### [Instructions to follow]
Set down exactly the lines of the listing below, please, beginning with the first and ending with the line that holds "calling titles were".

### [Task material]
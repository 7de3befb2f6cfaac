//! The events of the log, each with the text and the fields of its line.
use crate::event::Event;
use crate::line_limits::Limited;
use log::Level;

macro_rules! event {
    ($level:ident $name:literal: $parts:literal) => {
        Event {
            level: Level::$level,
            name: $name,
            parts: $parts,
            limit: None,
        }
    };
    ($level:ident $name:literal limited to $limit:ident: $parts:literal) => {
        Event {
            limit: Some(Limited::$limit),
            ..event!($level $name: $parts)
        }
    };
}

/// The server starts: its version and configuration, the number of old drafts that it removed, and
/// what it accepts.
pub const STARTED: Event = event!(Info "started": "dcmbox| {version}| title \"{title}\"\
    | folder {folder}| limits max-pdu {max-pdu}| max-data {max-data}| at-once {at-once}\
    | removed drafts {drafts}| titles {titles}| callers {callers}| classes {classes}\
    | and {further-classes} named| syntaxes {syntaxes}| quarantine {quarantine}");
/// The server listens at this address and port.
pub const LISTENING: Event = event!(Info "listening": "listening| on {address}");
/// The server was asked to stop.
pub const STOPPING: Event = event!(Info "stopping": "stopping");
/// The server has stopped.
pub const STOPPED: Event = event!(Info "stopped": "stopped");
/// The file of calling titles was read anew: this many titles may call from now on.
pub const CALLERS_READ: Event =
    event!(Info "callers read": "the calling titles were read anew:| {callers} may call");
/// The file of calling titles has changed and cannot be used. The titles that were read before still
/// apply.
pub const CALLERS_NOT_READ: Event =
    event!(Error "callers not read": "the calling titles stay as they were|: {reason}");
/// Every slot, of this number, has an association.
pub const SLOTS_FULL: Event =
    event!(Warn "places full": "all places are taken, and connections wait| places {places}");
/// The peer has as many associations as one address may have, which is this number.
pub const PEER_FULL: Event = event!(Warn "peer full":
    "the peer has as many places as it may have, and its connections wait| places {places}");
/// A connection was closed at once, as the maximum number of connections wait for a slot.
pub const TURNED_AWAY: Event =
    event!(Warn "turned away": "the connection was closed, since too many wait for a place");
/// A connection got the only slot after it waited for at least this many seconds.
pub const WAITED: Event =
    event!(Warn "waited": "the connection waited| {seconds} s for the one place");
/// A connection could not be accepted.
pub const NOT_ACCEPTED: Event =
    event!(Error "not accepted": "a connection could not be accepted|: {error}");
/// No association could be opened over a connection.
pub const CONNECTION_FAILED: Event =
    event!(Error "connection failed" limited to Connection: "the connection failed|: {error}");
/// The names that files were given could not be synced to the disk. The files whose replies waited
/// for that are lost.
pub const NAMES_NOT_SYNCED: Event =
    event!(Error "folder not synced" limited to Names: "the folder could not be synced|: {error}");
/// The metrics could not be written. Serving continues.
pub const METRICS_NOT_WRITTEN: Event =
    event!(Warn "metrics not written": "the metrics could not be written|: {error}");
/// The metrics were written, after writing them had failed.
pub const METRICS_WRITTEN: Event = event!(Info "metrics written": "the metrics are written again");
/// Few file numbers remain in the folder, from this file on.
pub(crate) const NUMBERS_LOW: Event = event!(Warn "numbers low": "few numbers are left, so file \
    with --per, or start anew without the files and that of --numbers|: {file} of 9999999");
/// This many lines were left out by their rate limit, about this subject.
pub(crate) const LINES_OMITTED: Event =
    event!(Warn "lines left out": "lines left out:| {lines}| of {of}");

/// An association request was rejected.
pub(crate) const REJECTED: Event = event!(Warn "rejected":
    "rejected|: {reason}| calling \"{calling}\"| called \"{called}\"");
/// dcmbox aborted the association, perhaps for an invalid element of the command set.
pub(crate) const ABORTED: Event =
    event!(Warn "aborted": "{end}| element {element}| \"{value}\"| calling \"{calling}\"");
/// No context of these classes was accepted: a warning only if one may be a storage class.
pub(crate) const CLASSES_REFUSED: Event = event!(Warn "classes refused":
    "classes refused|: {classes}| and {others} more| calling \"{calling}\"");
/// Contexts of these classes were accepted and others refused for their transfer syntaxes, and the
/// peer asked for no store or aborted.
pub(crate) const SYNTAXES_REFUSED: Event = event!(Warn "syntaxes refused":
    "syntaxes refused|: {classes}| and {others} more| calling \"{calling}\"");
/// A proposed presentation context was not accepted.
pub(crate) const CONTEXT_REFUSED: Event = event!(Trace "context refused":
    "context| {context}| refused: {reason}| class {class}| syntaxes {syntaxes}");
/// An association ended.
pub(crate) const ENDED: Event = event!(Info "association": "{state}| held {held}| files {files}\
    | dropped {dropped}| received {received}| in {seconds} s| calling \"{calling}\"\
    | called \"{called}\"| {end}| contexts {accepted}| of {proposed}| stored {stored}\
    | refused {refused}| failed {failed}");

/// The reply to a C-ECHO did not report success.
pub(crate) const ECHO_REFUSED: Event =
    event!(Warn "echo refused": "an echo was refused:| status {status}| calling \"{calling}\"");
/// The reply to a store.
pub(crate) const ANSWERED: Event = event!(Debug "store": "store| class {class}\
    | instance {instance}| syntax {syntax}| bytes {bytes}| status {status}| {fault}| tag {tag}\
    | file {file}");
/// The reply to a store that did not report success.
pub(crate) const NOT_STORED: Event = event!(Warn "not stored": "not stored:| status {status}\
    | {fault}| tag {tag}| {reason}| class {class}| instance {instance}| syntax {syntax}\
    | calling \"{calling}\"");
/// More stores of the association without success, which have no lines of their own: their number,
/// and the reply to the last.
pub(crate) const MORE_NOT_STORED: Event = event!(Warn "more not stored": "not stored:\
    | {stores} more, the last with| status {status}| {fault}| tag {tag}| calling \"{calling}\"");
/// The association ended before the reply to stores: their number, and the last of them, if it is
/// known.
pub(crate) const UNANSWERED: Event = event!(Warn "not answered": "not stored: no reply,| {end}\
    | class {class}| instance {instance}| stores {stores}| calling \"{calling}\"");
/// A store was filed, but the association ended before its reply was sent completely.
pub(crate) const NOT_CONFIRMED: Event = event!(Warn "not confirmed": "filed, but not confirmed:\
    | {end}| file {file}| class {class}| instance {instance}| calling \"{calling}\"");
/// A file could not be written, with its store, if that is known.
pub(crate) const FILING_FAILED: Event =
    event!(Error "filing failed" limited to File: "a file could not be \
    written|: {error}| class {class}| instance {instance}| calling \"{calling}\"");

/// A data set was quarantined, in this file.
pub(crate) const QUARANTINED: Event =
    event!(Info "quarantined" limited to Quarantined: "kept in the quarantine:| {file}| bytes {bytes}");
/// A data set could not be quarantined.
pub(crate) const NOT_QUARANTINED: Event =
    event!(Warn "not quarantined" limited to NotQuarantined: "a data set could not be kept in the quarantine|: {error}");
/// The quarantine has its maximum number of data sets, so no more are kept.
pub const QUARANTINE_FULL: Event = event!(Warn "quarantine full":
    "the quarantine is full, and no further data set is kept there");
/// This many drafts, which a killed program had left, were removed from the quarantine.
pub const QUARANTINE_CLEARED: Event = event!(Info "quarantine cleared":
    "removed from the quarantine:| {drafts} drafts that were left");
/// The text beside a quarantined data set. It is no line of the log.
pub(crate) const QUARANTINE_SHEET: Event = event!(Info "quarantined": "{calling}|{called}|{status}\
    |{fault}|{tag}|{reason}|{class}|{instance}|{received}|{kept}|{whole}");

### [Completed exercise]
repository 7de3befb2f6cfaac
//! The events of the log, each with the text and the fields of its line.
use crate::event::Event;
use crate::line_limits::Limited;
use log::Level;

macro_rules! event {
    ($level:ident $name:literal: $parts:literal) => {
        Event {
            level: Level::$level,
            name: $name,
            parts: $parts,
            limit: None,
        }
    };
    ($level:ident $name:literal limited to $limit:ident: $parts:literal) => {
        Event {
            limit: Some(Limited::$limit),
            ..event!($level $name: $parts)
        }
    };
}

/// The server starts: its version and configuration, the number of old drafts that it removed, and
/// what it accepts.
pub const STARTED: Event = event!(Info "started": "dcmbox| {version}| title \"{title}\"\
    | folder {folder}| limits max-pdu {max-pdu}| max-data {max-data}| at-once {at-once}\
    | removed drafts {drafts}| titles {titles}| callers {callers}| classes {classes}\
    | and {further-classes} named| syntaxes {syntaxes}| quarantine {quarantine}");
/// The server listens at this address and port.
pub const LISTENING: Event = event!(Info "listening": "listening| on {address}");
/// The server was asked to stop.
pub const STOPPING: Event = event!(Info "stopping": "stopping");
/// The server has stopped.
pub const STOPPED: Event = event!(Info "stopped": "stopped");
/// The file of calling titles was read anew: this many titles may call from now on.
pub const CALLERS_READ: Event =
    event!(Info "callers read": "the calling titles were read anew:| {callers} may call");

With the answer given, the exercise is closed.